By the time Japanese Prime Minister Yasuhiro Nakasone arrived on Capitol Hill Thursday to talk trade with lawmakers, the worst was over. Minutes before Mr. Nakasone's arrival, the House overwhelmingly passed the 1987 Trade and International Policy Act, intended to help reduce the nation's $170 billion trade deficit. The act included a hotly debated provision - sponsored by Rep. Richard Gephardt (D) of Missouri and narrowly passed by the House Wednesday - mandating United States retaliation against countries maintaining large trade surpluses because of unfair trading practices.
As an expression of congressional frustration over the burgeoning US trade deficit, the House bill constituted a warning shot across the bow of such trading partners as Japan. As a serious attempt to shape US trade policy, however, it represented but one more gambit in the legislative process.
The Senate is expected to act on its trade bill in June, and the Gephardt amendment, far and away the most controversial element of the House's 900-page bill, is given virtually no chance of inclusion in the Senate package.
One reason for that is the need to fashion a trade bill that President Reagan will sign or one that will attract the necessary two-thirds majority in both houses of Congress to override a veto. The President has said that he would veto any trade bill with the Gephardt language in it, and few Republicans or Democrats are sporting for a veto fight on trade.
Another reason why the Gephardt amendment is likely to be short-lived is the razor-thin, four-vote margin by which the House approved it - hardly a ringing endorsement. To many observers, the narrow margin of passage indicated a basic confusion among House members over the best way to reduce the trade deficit.

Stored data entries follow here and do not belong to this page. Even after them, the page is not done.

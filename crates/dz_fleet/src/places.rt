//! The places of zones.

ghost use Rattle.std.specs.Prelude.{◌≡◌, ◌<◌, length, slice_get, Some, IsSome};
ghost use Rattle.dz_history.specs.Places.{seats, place_at};

use dz_history::Holdings;
use dz_name::Name;

/// The place of a zone: catalogs come in the order of the configuration, and then members in canonical order.
pub(crate) fn place_of(holdings: &Holdings, zone: &Name) -> Option<usize>
    ensures { result ≡ place_at holdings.now zone.now }
{
    let fold = holdings.fold();
    let catalogs = fold.catalogs();
    match fold.catalog_number(zone) {
        Some(number) => Some(number),
        None => match fold.place_of(zone) {
            Some(place) => Some(catalogs.len() + place),
            None => None,
        },
    }
}

/// The place of a zone that has one.
pub(crate) fn own_place(holdings: &Holdings, zone: &Name) -> usize
    requires { IsSome (place_at holdings.now zone.now) }
    ensures { place_at holdings.now zone.now ≡ Some result }
{
    match place_of(holdings, zone) {
        Some(place) => place,
        None => unreachable!(),
    }
}

/// The zone at a place, and its incarnation.
pub(crate) fn seat_at(holdings: &Holdings, place: usize) -> (Name, u64)
    requires { place < length (seats holdings.now) }
    ensures { slice_get (seats holdings.now) place
        ≡ Some record { zone = result.0; incarnation = result.1 } }
{
    let fold = holdings.fold();
    let catalogs = fold.catalogs().len();
    if place < catalogs {
        (fold.settings(place).name, 0)
    } else {
        let member = fold.member(place - catalogs);
        (member.zone().to_name(), member.incarnation())
    }
}
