//! A generated life of a server, as a script, and a summary of what the server wrote.
#![tactic(auto)]

mod laws;
mod messages;
mod records;
mod script;
mod summary;
mod texts;

pub use laws::is_readable;
pub use script::{ZONES, generate};
pub use summary::sum_up;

``Obviously, the Gephardt amendment would have had a better chance over here if it had gotten more votes in the House,'' notes Senate Finance Committee chairman Lloyd Bentsen (D) of Texas. Mr. Bentsen will lead the Senate in its conference with the House, where lawmakers will write a compromise trade bill.
``Basically, it passed in the House because Dick Gephardt is a very popular young man,'' says House Ways and Means Chairman Dan Rostenkowski (D) of Illinois, who opposed the Gephardt amendment and will lead the House delegation that will eventually meet with the Senate group to work out the final trade package.

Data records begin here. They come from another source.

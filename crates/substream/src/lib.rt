// The records of one substream after the globals: a worksheet, a chart or a macro sheet. Called by the check of the stream, which has judged the
// size and kind of the substream's BOF.
#![tactic(auto)]

ghost use Rattle.std.specs.Prelude.{◌≡◌, ◌+◌, ◌≤◌, length};
ghost use Rattle.text_result.specs.TextResult.{text_of};
ghost use Rattle.substream.specs.Substream.{past, past_parent, inner_bof, other_record, dimensions_fit, dimensions_record, on_text, record_in, step_of, substream_in};
ghost use Rattle.substream.specs.Parts.{result_record, formula_record};

use record::Header;
use refusal::Refusal;

// Where the next record stands, and whether a CONTINUE there would have no parent.
#[derive(Clone, Copy)]
pub struct Here {
    pub at: usize,
    pub orphan: bool,
}

// What a record that is right leads to: on to the next, into the substream whose BOF stands there, or out of this one at its end.
#[derive(Clone, Copy)]
pub enum Step {
    More(Here),
    Open(usize),
    Close(usize),
}

fn past(end: usize) -> Here
    ensures { result ≡ past end }
{
    Here {
        at: end,
        orphan: false,
    }
}

fn past_parent(end: usize) -> Here
    ensures { result ≡ past_parent end }
{
    Here {
        at: end,
        orphan: true,
    }
}

// Place and size stay parameters beside the stream, as `record::header_at` gives them: a struct of them would be made anew for each record to say no more than this clause.
#[tactic(auto, unfolding(crate::specs::Substream::inner_bof, steps::specs::Choice::pick))]
fn inner_bof(s: &[u8], kind: u16, at: usize, size: usize) -> Result<Step, Refusal>
    requires { at + 4 + size ≤ length s.now }
    ensures { result ≡ inner_bof s.now kind at size }
{
    if size != 16 {
        return Err(Refusal {
            number: 6,
            offset: at,
        });
    }
    if kind == 0x0040 {
        return Err(Refusal {
            number: 4,
            offset: at,
        });
    }
    if byte_numbers::u16_at(s, at + 6) == 0x0020 {
        return Ok(Step::Open(at));
    }
    Err(Refusal {
        number: 4,
        offset: at,
    })
}

#[tactic(auto, unfolding(crate::specs::Substream::other_record, steps::specs::Choice::pick))]
fn other_record(
    s: &[u8],
    kind: u16,
    v: Here,
    id: u16,
    size: usize,
    end: usize,
) -> Result<Step, Refusal>
    requires { v.at + 4 + size ≤ length s.now }
    ensures { result ≡ other_record s.now kind v id size end }
{
    match id {
        0x0809 => inner_bof(s, kind, v.at, size),
        0x000A if size == 0 => Ok(Step::Close(end)),
        0x000A => Err(Refusal {
            number: 6,
            offset: v.at,
        }),
        0x003C if v.orphan => Err(Refusal {
            number: 7,
            offset: v.at,
        }),
        _ => Ok(Step::More(past(end))),
    }
}

#[tactic(auto, unfolding(crate::specs::Substream::dimensions_fit, steps::specs::Choice::pick))]
fn dimensions_fit(s: &[u8], at: usize, size: usize) -> bool
    requires { at + 4 + size ≤ length s.now }
    ensures { result ≡ dimensions_fit s.now at size }
{
    size == 14
        && byte_numbers::u32_at(s, at + 4) <= 65535
        && byte_numbers::u32_at(s, at + 8) <= 65536
        && byte_numbers::u16_at(s, at + 12) <= 255
        && byte_numbers::u16_at(s, at + 14) <= 256
}

#[tactic(auto, unfolding(crate::specs::Substream::dimensions_record, steps::specs::Choice::pick))]
fn dimensions_record(s: &[u8], at: usize, size: usize, end: usize) -> Result<Step, Refusal>
    requires { at + 4 + size ≤ length s.now }
    ensures { result ≡ dimensions_record s.now at size end }
{
    if dimensions_fit(s, at, size) {
        Ok(Step::More(past(end)))
    } else {
        Err(Refusal {
            number: 6,
            offset: at,
        })
    }
}

// Past the text result of the FORMULA at `at`, which ends at `end`.
#[tactic(auto, using(crate::proofs::Laws::text_past))]
fn text_record(s: &[u8], at: usize, end: usize) -> Result<Step, Refusal>
    requires { end ≤ length s.now }
    ensures { result ≡ on_text (text_of s.now at end) }
{
    let c = text_result::check_text(s, at, end)?;
    Ok(Step::More(past(c.end)))
}

// A FORMULA that is right but for its stored result n, which is looked at once: a number, as most are, is one test.
#[tactic(auto, using(crate::proofs::Laws::result_laws))]
fn result_record(s: &[u8], at: usize, end: usize, n: u64) -> Result<Step, Refusal>
    requires { end ≤ length s.now }
    ensures { result ≡ result_record s.now at end n }
{
    if n >> 48 != 0xFFFF {
        return Ok(Step::More(past_parent(end)));
    }
    if n % 256 == 0 {
        return text_record(s, at, end);
    }
    if value::result_fits(n) {
        return Ok(Step::More(past_parent(end)));
    }
    Err(Refusal {
        number: 6,
        offset: at,
    })
}

#[tactic(auto, using(crate::proofs::Laws::formula_laws))]
fn formula_record(s: &[u8], v: Here, size: usize, end: usize) -> Result<Step, Refusal>
    requires { (v.at + 4 + size ≤ length s.now) × (end ≤ length s.now) }
    ensures { result ≡ formula_record s.now v size end }
{
    let at = v.at;
    if cell::formula_sized(s, at, size) {
        let n = byte_numbers::u64_at(s, at + 10);
        return result_record(s, at, end, n);
    }
    Err(Refusal {
        number: 6,
        offset: at,
    })
}

// Any record directly in a worksheet but a FORMULA.
#[tactic(auto, using(crate::proofs::Laws::passed_plain), unfolding(crate::specs::Substream::record_in, steps::specs::Choice::pick))]
fn sheet_record(
    s: &[u8],
    unique: u32,
    v: Here,
    id: u16,
    size: usize,
    end: usize,
) -> Result<Step, Refusal>
    requires { (v.at + 4 + size ≤ length s.now) × (id ≡ 0x0006 → ⊥) }
    ensures { result ≡ record_in s.now 0x0010 unique v id size end }
{
    if cell::judge_record(s, v.at, id, size, unique)?.is_some() {
        return Ok(Step::More(past_parent(end)));
    }
    match id {
        0x0200 => dimensions_record(s, v.at, size, end),
        0x0207 => Err(Refusal {
            number: 6,
            offset: v.at,
        }),
        _ => other_record(s, 0x0010, v, id, size, end),
    }
}

#[tactic(auto, using(crate::proofs::Laws::record_laws))]
fn record_in(
    s: &[u8],
    kind: u16,
    unique: u32,
    v: Here,
    id: u16,
    size: usize,
    end: usize,
) -> Result<Step, Refusal>
    requires { (v.at + 4 + size ≤ length s.now) × (end ≤ length s.now) }
    ensures { result ≡ record_in s.now kind unique v id size end }
{
    if kind != 0x0010 {
        return other_record(s, kind, v, id, size, end);
    }
    if id == 0x0006 {
        return formula_record(s, v, size, end);
    }
    sheet_record(s, unique, v, id, size, end)
}

#[tactic(auto, using(record::proofs::Laws::body_within, record::proofs::Laws::end_within), unfolding(crate::specs::Substream::step_of))]
fn step_at(s: &[u8], kind: u16, unique: u32, v: Here) -> Result<Step, Refusal>
    ensures { result ≡ step_of s.now kind unique v }
{
    match record::header_at(s, v.at) {
        Header::Record {
            kind: id,
            size,
            end,
        } => record_in(s, kind, unique, v, id, size, end),
        Header::Cut => Err(Refusal {
            number: 2,
            offset: v.at,
        }),
        Header::End => Err(Refusal {
            number: 4,
            offset: s.len(),
        }),
    }
}

// The substream of this kind whose BOF stands at `from`, where `allowance` substreams may lie inside each other: where it ends.
#[tactic(auto, using(crate::proofs::Laws::walk_laws))]
pub fn walk(s: &[u8], kind: u16, unique: u32, from: usize, allowance: u8) -> Result<usize, Refusal>
    requires { from + 20 ≤ length s.now }
    ensures { result ≡ substream_in allowance s.now unique kind from }
{
    if allowance == 0 {
        return Err(Refusal {
            number: 4,
            offset: from,
        });
    }
    if byte_numbers::u16_at(s, from + 4) != 0x0600 {
        return Err(Refusal {
            number: 6,
            offset: from,
        });
    }
    let mut v = past_parent(from + 20);
    // The record itself says where the next one starts, and whether there is a next one.
    loop {
        match step_at(s, kind, unique, v)? {
            Step::More(next) => v = next,
            Step::Open(bof) => v = past(walk(s, 0x0020, unique, bof, allowance - 1)?),
            Step::Close(end) => return Ok(end),
        }
    }
}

``When it gets to conference,'' says Congressman Rostenkowski, ``it will be dropped because the Senate has strong opposition to it.''
In the House, the Gephardt amendment was the object of sometimes shrill debate. And there was an intense lobbying effort by partisans on both sides of the issue. Advocates championed the provision as a first and necessary step toward putting teeth into US efforts to negotiate equitable trading arrangements.
Detractors called it the first protectionist step toward a trade war. ``There wasn't a whole lot of middle ground,'' says Rostenkowski.
There is early evidence of that same polarization in the Senate, where Sen. Donald Riegle (D) of Michigan is expected to introduce Gephardt's proposal. Minority leader Robert Dole (R) of Kansas took to the Senate floor Friday to attack the Gephardt amendment and plea for bipartisan cooperation on the trade bill. ``I don't see much sense in having a political issue in '88,'' he said. ``I'd rather have a trade bill in '87.''
But there was only tough talk from Senate majority leader Robert Byrd (D) of West Virginia, who had earlier proclaimed his support for some sort of version of the Gephardt's proposal.
``If the President wants to veto effective legislation, that's his call to make,'' said Senator Byrd, questioning whether the amendment was indeed protectionist. ``I'm not going to run from the course just because someone uses the word protectionist.''
Byrd may be one of the few in Congress to feel that way. Last year, a slightly stiffer version of the Gephardt amendment passed handily in the House, supported by members secure in the knowledge that the bill they were voting for would never become law.
This year, ``the debate was more serious,'' notes Rep. Richard Schulze (R) of Pennsylvania, who supported the Gephardt amendment last year but opposed it this year.
Realizing that Congress was likely to produce a trade bill this year, many Democrats cooled in their support for the Gephardt provision, concerned that their party might go too far and be branded as protectionist.
A few members seemed to be dredging up memories of Sen. Reed Smoot (R) Utah and Rep. Willis Hawley (R) of Oregon - authors of the 1930 high-tariff bill that helped bring on a depression and pushed Republicans into the minority for decades.